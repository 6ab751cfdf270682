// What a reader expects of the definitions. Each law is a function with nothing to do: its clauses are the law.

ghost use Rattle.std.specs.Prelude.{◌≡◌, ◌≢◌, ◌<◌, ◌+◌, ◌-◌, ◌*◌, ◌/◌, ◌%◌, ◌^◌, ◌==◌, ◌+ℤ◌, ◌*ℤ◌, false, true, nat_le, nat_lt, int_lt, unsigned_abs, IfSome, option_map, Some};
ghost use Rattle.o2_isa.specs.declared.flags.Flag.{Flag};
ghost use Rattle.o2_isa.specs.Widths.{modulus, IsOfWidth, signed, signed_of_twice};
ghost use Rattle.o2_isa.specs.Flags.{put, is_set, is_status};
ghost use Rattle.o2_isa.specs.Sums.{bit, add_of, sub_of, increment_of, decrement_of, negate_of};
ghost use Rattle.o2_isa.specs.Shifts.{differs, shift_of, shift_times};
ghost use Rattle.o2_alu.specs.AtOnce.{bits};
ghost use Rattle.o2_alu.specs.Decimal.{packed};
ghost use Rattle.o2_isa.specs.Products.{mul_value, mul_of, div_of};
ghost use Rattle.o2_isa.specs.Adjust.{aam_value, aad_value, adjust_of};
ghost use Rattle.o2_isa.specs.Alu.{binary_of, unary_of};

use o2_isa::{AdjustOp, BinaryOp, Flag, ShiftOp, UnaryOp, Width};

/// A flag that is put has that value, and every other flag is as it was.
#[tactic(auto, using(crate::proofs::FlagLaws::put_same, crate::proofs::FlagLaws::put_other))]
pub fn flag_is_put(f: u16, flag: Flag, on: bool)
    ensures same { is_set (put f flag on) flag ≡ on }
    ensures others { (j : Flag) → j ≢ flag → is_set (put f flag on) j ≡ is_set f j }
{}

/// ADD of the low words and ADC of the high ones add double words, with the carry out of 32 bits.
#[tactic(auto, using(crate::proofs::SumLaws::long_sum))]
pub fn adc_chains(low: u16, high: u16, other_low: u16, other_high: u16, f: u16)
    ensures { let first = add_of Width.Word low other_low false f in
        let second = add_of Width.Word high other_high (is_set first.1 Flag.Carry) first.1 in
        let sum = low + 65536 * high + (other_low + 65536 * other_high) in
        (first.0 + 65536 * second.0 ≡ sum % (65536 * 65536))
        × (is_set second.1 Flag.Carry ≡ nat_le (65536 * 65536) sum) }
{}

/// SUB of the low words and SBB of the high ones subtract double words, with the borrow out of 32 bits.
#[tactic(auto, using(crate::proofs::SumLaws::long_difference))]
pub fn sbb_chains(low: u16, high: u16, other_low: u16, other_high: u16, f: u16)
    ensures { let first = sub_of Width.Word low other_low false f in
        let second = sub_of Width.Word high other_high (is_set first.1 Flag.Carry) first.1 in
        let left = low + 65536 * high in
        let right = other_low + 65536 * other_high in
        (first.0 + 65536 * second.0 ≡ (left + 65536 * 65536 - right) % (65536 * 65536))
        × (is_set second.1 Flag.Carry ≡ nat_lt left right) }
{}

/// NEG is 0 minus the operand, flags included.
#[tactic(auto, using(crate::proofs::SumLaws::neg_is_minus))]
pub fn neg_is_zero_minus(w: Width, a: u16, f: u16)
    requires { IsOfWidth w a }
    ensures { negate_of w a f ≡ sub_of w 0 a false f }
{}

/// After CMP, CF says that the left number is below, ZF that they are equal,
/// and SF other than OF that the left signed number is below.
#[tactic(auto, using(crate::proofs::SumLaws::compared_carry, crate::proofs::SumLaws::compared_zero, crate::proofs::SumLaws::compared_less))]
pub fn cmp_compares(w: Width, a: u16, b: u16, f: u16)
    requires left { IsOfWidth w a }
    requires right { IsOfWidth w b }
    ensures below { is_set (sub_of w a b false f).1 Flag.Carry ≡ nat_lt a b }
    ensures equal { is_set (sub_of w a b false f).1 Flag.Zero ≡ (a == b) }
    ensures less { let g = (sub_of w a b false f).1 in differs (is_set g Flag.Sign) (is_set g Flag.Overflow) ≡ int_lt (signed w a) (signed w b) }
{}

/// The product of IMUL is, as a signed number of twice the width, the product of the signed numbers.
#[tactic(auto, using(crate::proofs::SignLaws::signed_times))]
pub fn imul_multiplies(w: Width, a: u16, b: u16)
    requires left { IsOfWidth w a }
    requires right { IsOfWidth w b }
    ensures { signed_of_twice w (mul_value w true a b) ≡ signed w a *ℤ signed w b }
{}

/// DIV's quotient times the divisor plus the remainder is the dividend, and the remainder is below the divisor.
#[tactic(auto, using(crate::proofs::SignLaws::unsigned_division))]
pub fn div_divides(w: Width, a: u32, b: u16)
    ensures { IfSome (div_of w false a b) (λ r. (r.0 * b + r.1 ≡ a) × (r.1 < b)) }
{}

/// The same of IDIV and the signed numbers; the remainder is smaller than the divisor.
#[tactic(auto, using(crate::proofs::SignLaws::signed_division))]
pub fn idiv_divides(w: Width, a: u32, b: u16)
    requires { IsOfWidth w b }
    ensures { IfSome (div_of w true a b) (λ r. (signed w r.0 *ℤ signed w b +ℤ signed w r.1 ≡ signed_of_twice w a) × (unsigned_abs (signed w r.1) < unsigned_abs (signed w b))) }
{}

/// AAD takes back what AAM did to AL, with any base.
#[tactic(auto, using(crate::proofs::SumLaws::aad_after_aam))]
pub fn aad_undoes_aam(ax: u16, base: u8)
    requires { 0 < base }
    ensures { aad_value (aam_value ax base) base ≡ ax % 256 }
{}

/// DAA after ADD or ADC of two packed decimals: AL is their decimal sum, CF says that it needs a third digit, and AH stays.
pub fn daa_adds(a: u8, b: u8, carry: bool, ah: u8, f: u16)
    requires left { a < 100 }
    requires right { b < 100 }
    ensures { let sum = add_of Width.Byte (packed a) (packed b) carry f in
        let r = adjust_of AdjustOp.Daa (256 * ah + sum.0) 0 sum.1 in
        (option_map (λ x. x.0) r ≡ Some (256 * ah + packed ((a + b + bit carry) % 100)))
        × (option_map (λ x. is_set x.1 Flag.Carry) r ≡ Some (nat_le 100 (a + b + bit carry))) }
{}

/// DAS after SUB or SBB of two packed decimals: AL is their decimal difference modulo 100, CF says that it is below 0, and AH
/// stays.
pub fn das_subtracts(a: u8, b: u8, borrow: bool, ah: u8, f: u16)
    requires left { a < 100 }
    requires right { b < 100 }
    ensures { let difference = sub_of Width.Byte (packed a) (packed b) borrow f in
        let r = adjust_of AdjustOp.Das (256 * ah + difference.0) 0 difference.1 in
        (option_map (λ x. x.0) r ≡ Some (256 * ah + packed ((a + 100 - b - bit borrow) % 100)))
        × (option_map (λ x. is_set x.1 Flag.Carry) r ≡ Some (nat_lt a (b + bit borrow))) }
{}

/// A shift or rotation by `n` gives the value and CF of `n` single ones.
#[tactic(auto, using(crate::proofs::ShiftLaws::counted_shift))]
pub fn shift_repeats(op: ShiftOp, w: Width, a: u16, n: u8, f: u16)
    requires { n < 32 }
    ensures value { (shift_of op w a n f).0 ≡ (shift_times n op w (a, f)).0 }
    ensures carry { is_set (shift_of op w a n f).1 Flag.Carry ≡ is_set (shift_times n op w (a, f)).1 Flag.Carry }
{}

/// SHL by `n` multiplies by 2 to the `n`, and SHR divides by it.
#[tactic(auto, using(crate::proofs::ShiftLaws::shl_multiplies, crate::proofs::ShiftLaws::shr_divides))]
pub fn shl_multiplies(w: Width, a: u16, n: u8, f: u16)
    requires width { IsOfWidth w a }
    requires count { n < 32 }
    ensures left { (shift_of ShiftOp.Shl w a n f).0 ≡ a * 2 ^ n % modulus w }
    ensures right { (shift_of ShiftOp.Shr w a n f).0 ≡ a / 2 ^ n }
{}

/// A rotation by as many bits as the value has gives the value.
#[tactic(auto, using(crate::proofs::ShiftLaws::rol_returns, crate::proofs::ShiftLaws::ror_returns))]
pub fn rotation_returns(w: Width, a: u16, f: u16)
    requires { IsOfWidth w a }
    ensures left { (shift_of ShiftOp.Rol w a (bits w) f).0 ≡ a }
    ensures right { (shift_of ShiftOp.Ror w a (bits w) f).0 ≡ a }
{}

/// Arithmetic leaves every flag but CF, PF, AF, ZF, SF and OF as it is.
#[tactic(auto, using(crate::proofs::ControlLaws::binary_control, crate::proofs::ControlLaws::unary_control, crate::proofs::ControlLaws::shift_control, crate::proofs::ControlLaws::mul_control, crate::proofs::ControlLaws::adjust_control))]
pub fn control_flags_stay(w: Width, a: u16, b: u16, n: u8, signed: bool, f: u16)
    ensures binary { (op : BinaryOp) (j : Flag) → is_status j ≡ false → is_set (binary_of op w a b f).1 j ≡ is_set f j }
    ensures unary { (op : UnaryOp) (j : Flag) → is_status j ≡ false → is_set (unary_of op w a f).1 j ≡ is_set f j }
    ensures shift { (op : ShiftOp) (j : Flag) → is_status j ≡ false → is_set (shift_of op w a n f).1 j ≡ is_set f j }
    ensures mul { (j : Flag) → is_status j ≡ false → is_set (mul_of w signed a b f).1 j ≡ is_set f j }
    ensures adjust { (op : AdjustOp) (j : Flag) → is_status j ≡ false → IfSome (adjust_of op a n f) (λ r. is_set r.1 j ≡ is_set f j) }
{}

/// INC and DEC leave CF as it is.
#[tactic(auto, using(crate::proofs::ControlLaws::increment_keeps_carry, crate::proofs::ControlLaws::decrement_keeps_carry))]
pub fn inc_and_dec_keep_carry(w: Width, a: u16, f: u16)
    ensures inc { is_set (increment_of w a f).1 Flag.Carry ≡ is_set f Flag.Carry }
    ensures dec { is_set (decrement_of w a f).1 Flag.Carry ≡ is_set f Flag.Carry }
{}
********
Task to complete - Look above for the line holding "number is below." and the line holding "false f).1 Flag.Zero", then output exactly those two lines and every line between them, nothing more.

Exercise response -
/// and SF other than OF that the left signed number is below.
#[tactic(auto, using(crate::proofs::SumLaws::compared_carry, crate::proofs::SumLaws::compared_zero, crate::proofs::SumLaws::compared_less))]
pub fn cmp_compares(w: Width, a: u16, b: u16, f: u16)
    requires left { IsOfWidth w a }
    requires right { IsOfWidth w b }
    ensures below { is_set (sub_of w a b false f).1 Flag.Carry ≡ nat_lt a b }
    ensures equal { is_set (sub_of w a b false f).1 Flag.Zero ≡ (a == b) }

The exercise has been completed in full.